(TASK BRIEF): Every line holding the string "bits" should be copied from the listing.

(INPUT MATERIAL):
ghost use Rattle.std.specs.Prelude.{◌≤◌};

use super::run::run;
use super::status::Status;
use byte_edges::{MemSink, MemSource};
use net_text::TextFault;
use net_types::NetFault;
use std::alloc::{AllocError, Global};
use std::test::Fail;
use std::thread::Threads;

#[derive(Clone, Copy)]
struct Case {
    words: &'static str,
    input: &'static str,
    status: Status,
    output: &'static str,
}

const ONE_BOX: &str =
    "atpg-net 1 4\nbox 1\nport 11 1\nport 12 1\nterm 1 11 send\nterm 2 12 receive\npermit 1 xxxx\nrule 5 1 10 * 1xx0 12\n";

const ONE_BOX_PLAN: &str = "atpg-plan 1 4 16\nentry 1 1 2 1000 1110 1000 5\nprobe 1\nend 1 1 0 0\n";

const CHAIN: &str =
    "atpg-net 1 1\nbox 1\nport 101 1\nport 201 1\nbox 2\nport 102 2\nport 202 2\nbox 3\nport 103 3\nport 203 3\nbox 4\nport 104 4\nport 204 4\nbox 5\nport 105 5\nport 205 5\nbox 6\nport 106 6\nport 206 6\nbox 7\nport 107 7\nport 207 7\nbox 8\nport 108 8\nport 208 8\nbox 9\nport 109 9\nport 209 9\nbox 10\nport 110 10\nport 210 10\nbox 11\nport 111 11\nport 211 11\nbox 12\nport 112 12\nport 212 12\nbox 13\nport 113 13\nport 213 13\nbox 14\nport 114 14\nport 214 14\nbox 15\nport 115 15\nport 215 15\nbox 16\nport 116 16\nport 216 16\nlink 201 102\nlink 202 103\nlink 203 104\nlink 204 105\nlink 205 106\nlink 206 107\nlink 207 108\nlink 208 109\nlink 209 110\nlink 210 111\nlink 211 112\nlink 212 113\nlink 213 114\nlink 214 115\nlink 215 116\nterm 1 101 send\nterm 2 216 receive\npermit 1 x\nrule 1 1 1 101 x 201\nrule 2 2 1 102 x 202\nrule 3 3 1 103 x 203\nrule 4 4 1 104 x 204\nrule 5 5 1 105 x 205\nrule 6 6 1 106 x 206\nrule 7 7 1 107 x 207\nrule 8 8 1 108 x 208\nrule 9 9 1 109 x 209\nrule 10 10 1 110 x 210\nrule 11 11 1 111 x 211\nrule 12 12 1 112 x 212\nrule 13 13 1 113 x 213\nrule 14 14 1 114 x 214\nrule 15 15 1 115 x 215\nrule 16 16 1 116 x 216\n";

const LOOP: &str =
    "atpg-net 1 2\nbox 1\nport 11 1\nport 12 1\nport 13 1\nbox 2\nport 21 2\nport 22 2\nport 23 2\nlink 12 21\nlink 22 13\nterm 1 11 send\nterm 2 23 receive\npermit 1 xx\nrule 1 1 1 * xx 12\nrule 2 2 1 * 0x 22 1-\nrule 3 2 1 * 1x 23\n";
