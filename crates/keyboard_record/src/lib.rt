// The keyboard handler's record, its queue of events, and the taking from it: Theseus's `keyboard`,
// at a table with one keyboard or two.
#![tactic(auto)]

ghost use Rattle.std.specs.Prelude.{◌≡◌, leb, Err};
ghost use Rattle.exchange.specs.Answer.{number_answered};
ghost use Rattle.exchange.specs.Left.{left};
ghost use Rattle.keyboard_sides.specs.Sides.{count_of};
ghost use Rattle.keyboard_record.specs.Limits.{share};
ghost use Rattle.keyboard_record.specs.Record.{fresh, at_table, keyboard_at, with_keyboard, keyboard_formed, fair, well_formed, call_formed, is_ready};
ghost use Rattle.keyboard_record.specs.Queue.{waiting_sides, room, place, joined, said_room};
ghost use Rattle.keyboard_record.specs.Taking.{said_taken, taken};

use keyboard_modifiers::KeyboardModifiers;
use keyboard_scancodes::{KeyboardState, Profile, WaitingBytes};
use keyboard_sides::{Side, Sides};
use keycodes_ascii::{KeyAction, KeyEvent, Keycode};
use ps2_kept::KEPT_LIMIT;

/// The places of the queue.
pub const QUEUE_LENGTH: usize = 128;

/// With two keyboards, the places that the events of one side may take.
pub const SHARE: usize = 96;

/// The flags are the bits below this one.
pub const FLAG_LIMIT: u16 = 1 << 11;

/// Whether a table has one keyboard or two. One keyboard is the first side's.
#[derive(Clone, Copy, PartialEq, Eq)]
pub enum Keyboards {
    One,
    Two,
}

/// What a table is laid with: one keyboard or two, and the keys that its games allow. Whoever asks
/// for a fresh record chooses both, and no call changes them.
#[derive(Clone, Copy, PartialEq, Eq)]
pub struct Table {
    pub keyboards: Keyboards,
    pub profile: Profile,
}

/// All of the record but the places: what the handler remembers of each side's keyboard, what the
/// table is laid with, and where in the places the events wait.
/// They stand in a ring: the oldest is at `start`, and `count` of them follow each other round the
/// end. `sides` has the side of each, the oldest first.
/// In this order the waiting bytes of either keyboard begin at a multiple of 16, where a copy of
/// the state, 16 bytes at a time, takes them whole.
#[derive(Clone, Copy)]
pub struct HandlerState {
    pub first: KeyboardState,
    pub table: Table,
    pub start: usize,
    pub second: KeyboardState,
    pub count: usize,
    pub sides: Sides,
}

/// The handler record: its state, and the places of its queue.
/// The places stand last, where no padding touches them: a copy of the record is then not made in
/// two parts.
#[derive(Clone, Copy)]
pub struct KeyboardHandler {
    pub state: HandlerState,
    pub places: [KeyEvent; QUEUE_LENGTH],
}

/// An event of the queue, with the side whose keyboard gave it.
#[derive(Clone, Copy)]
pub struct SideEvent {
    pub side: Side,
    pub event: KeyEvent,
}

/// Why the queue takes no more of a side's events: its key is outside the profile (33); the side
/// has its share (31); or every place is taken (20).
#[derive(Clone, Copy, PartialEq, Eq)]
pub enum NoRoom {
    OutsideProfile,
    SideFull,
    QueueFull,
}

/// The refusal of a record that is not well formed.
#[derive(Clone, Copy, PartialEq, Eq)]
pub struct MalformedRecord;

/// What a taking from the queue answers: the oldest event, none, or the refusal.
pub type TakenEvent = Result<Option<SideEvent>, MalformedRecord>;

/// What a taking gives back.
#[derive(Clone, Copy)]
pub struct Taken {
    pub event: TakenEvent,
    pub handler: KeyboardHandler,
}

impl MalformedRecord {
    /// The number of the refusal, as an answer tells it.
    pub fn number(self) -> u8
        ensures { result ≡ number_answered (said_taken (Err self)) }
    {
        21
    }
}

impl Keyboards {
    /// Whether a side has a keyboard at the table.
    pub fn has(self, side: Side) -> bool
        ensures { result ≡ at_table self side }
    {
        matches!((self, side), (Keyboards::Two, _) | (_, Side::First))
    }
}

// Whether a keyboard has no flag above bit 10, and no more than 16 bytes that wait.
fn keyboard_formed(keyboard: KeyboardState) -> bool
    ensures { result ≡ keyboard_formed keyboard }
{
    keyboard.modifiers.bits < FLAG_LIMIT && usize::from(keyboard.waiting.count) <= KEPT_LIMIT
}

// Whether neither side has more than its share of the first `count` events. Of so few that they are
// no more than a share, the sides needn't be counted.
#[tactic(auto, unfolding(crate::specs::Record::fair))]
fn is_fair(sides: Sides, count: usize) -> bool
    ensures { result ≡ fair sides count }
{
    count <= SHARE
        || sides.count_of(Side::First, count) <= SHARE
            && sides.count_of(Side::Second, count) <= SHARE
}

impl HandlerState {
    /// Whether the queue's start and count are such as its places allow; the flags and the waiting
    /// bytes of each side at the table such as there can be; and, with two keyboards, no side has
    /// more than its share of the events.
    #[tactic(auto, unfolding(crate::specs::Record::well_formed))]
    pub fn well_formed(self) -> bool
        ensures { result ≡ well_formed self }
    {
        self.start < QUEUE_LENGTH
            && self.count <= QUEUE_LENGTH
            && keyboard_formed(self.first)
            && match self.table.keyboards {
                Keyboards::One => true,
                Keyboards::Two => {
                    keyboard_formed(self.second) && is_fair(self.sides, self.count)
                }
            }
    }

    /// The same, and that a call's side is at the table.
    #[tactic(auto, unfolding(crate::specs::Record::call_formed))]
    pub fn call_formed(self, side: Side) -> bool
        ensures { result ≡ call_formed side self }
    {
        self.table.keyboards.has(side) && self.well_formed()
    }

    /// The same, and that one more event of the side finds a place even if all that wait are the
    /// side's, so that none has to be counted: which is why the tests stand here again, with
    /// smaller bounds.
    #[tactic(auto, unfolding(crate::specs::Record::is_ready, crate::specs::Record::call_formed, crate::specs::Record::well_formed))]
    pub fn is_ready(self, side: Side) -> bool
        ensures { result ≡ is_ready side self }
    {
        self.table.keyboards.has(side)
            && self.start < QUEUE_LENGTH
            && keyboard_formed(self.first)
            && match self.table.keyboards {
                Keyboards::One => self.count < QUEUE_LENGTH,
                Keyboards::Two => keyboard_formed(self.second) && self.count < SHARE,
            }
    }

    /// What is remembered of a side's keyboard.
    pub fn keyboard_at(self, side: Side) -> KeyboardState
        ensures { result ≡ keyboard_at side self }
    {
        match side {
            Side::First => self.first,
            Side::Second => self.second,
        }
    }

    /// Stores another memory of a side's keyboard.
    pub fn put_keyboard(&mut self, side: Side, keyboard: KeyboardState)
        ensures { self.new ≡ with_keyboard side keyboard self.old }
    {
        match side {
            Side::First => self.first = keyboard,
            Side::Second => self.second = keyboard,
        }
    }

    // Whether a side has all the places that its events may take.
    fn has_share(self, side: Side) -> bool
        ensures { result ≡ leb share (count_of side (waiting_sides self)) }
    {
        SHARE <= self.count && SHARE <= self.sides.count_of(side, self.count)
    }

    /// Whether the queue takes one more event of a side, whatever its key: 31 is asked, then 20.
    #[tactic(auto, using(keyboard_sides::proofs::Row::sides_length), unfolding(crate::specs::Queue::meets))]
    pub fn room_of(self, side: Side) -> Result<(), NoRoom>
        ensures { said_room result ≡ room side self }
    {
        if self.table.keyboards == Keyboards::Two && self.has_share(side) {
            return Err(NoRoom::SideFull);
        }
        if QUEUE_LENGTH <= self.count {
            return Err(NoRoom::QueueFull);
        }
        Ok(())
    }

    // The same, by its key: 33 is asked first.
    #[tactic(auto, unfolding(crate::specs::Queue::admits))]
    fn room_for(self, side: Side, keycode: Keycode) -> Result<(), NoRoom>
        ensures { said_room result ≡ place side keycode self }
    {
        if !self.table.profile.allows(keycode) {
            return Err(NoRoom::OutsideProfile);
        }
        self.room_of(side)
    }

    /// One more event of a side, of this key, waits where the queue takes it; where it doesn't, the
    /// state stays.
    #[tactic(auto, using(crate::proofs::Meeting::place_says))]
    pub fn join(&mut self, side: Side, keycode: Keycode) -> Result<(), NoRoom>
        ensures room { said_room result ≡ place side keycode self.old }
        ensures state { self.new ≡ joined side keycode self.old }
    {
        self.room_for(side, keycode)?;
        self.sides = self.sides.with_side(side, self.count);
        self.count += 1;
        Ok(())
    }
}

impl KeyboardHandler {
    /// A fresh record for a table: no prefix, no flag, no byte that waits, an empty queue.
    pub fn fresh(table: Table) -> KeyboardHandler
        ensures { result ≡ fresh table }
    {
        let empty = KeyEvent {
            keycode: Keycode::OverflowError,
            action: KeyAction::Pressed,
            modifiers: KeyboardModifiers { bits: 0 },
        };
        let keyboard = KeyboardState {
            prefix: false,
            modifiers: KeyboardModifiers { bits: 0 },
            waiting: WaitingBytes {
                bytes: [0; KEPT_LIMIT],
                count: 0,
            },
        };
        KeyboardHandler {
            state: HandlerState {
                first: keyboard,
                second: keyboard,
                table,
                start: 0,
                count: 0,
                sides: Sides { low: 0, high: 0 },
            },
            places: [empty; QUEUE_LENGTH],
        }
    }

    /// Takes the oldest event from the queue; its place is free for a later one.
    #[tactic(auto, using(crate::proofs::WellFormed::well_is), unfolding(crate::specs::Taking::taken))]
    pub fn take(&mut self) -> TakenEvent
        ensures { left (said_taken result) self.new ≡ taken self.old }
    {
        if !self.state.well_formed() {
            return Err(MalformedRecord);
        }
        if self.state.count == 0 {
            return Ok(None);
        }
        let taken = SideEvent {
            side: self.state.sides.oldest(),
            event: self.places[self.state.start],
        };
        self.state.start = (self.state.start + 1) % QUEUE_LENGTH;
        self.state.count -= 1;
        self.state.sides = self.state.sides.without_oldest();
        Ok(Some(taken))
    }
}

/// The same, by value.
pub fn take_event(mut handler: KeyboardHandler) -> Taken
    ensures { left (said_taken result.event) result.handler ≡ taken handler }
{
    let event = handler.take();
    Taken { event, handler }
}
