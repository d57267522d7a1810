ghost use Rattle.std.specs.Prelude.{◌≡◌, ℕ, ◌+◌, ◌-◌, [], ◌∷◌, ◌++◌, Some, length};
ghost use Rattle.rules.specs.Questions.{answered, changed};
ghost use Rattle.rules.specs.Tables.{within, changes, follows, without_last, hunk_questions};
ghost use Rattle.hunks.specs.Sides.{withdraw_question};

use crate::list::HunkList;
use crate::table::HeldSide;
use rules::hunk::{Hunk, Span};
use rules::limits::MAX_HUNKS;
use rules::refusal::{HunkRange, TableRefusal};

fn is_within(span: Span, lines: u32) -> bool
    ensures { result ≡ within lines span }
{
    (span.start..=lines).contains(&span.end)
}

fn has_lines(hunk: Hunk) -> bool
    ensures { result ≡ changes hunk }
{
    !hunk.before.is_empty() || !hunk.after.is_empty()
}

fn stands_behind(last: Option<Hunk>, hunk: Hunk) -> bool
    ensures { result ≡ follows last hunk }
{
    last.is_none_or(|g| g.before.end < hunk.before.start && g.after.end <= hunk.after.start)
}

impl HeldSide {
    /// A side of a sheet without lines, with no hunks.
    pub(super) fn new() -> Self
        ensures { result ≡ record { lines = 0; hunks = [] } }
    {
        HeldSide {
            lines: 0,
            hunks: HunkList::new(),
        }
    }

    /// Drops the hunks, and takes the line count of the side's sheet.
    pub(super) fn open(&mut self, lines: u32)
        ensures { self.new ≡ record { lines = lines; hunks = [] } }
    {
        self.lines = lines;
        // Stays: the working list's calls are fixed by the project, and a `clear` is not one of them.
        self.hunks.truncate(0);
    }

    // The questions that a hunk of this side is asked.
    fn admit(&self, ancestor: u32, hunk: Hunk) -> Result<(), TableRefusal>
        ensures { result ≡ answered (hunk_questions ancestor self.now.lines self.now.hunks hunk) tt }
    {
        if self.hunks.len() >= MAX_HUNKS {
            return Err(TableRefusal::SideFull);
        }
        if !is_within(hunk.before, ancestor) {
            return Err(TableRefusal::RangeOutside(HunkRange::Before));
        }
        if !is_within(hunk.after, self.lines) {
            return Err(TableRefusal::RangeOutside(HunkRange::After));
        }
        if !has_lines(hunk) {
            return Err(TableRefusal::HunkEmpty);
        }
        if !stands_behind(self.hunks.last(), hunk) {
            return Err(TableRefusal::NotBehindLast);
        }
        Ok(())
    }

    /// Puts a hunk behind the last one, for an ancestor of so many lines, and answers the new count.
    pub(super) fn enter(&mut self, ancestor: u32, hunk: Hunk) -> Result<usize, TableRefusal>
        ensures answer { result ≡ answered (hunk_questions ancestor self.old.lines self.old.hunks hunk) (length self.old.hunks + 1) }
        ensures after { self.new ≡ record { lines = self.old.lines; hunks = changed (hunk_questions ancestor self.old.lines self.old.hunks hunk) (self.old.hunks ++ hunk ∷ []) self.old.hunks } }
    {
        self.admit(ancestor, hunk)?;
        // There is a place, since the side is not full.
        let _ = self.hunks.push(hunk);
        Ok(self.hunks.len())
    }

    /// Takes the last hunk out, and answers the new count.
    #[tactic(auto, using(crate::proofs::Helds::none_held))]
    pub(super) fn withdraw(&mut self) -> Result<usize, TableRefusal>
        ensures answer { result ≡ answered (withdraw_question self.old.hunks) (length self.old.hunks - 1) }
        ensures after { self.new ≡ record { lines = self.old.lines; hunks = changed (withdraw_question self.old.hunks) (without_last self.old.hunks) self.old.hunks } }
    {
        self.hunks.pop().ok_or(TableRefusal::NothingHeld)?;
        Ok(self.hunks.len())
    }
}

(EXERCISE RESULT):
/// The flags are the bits below this one.
    keyboard.modifiers.bits < FLAG_LIMIT && usize::from(keyboard.waiting.count) <= KEPT_LIMIT
            modifiers: KeyboardModifiers { bits: 0 },
            modifiers: KeyboardModifiers { bits: 0 },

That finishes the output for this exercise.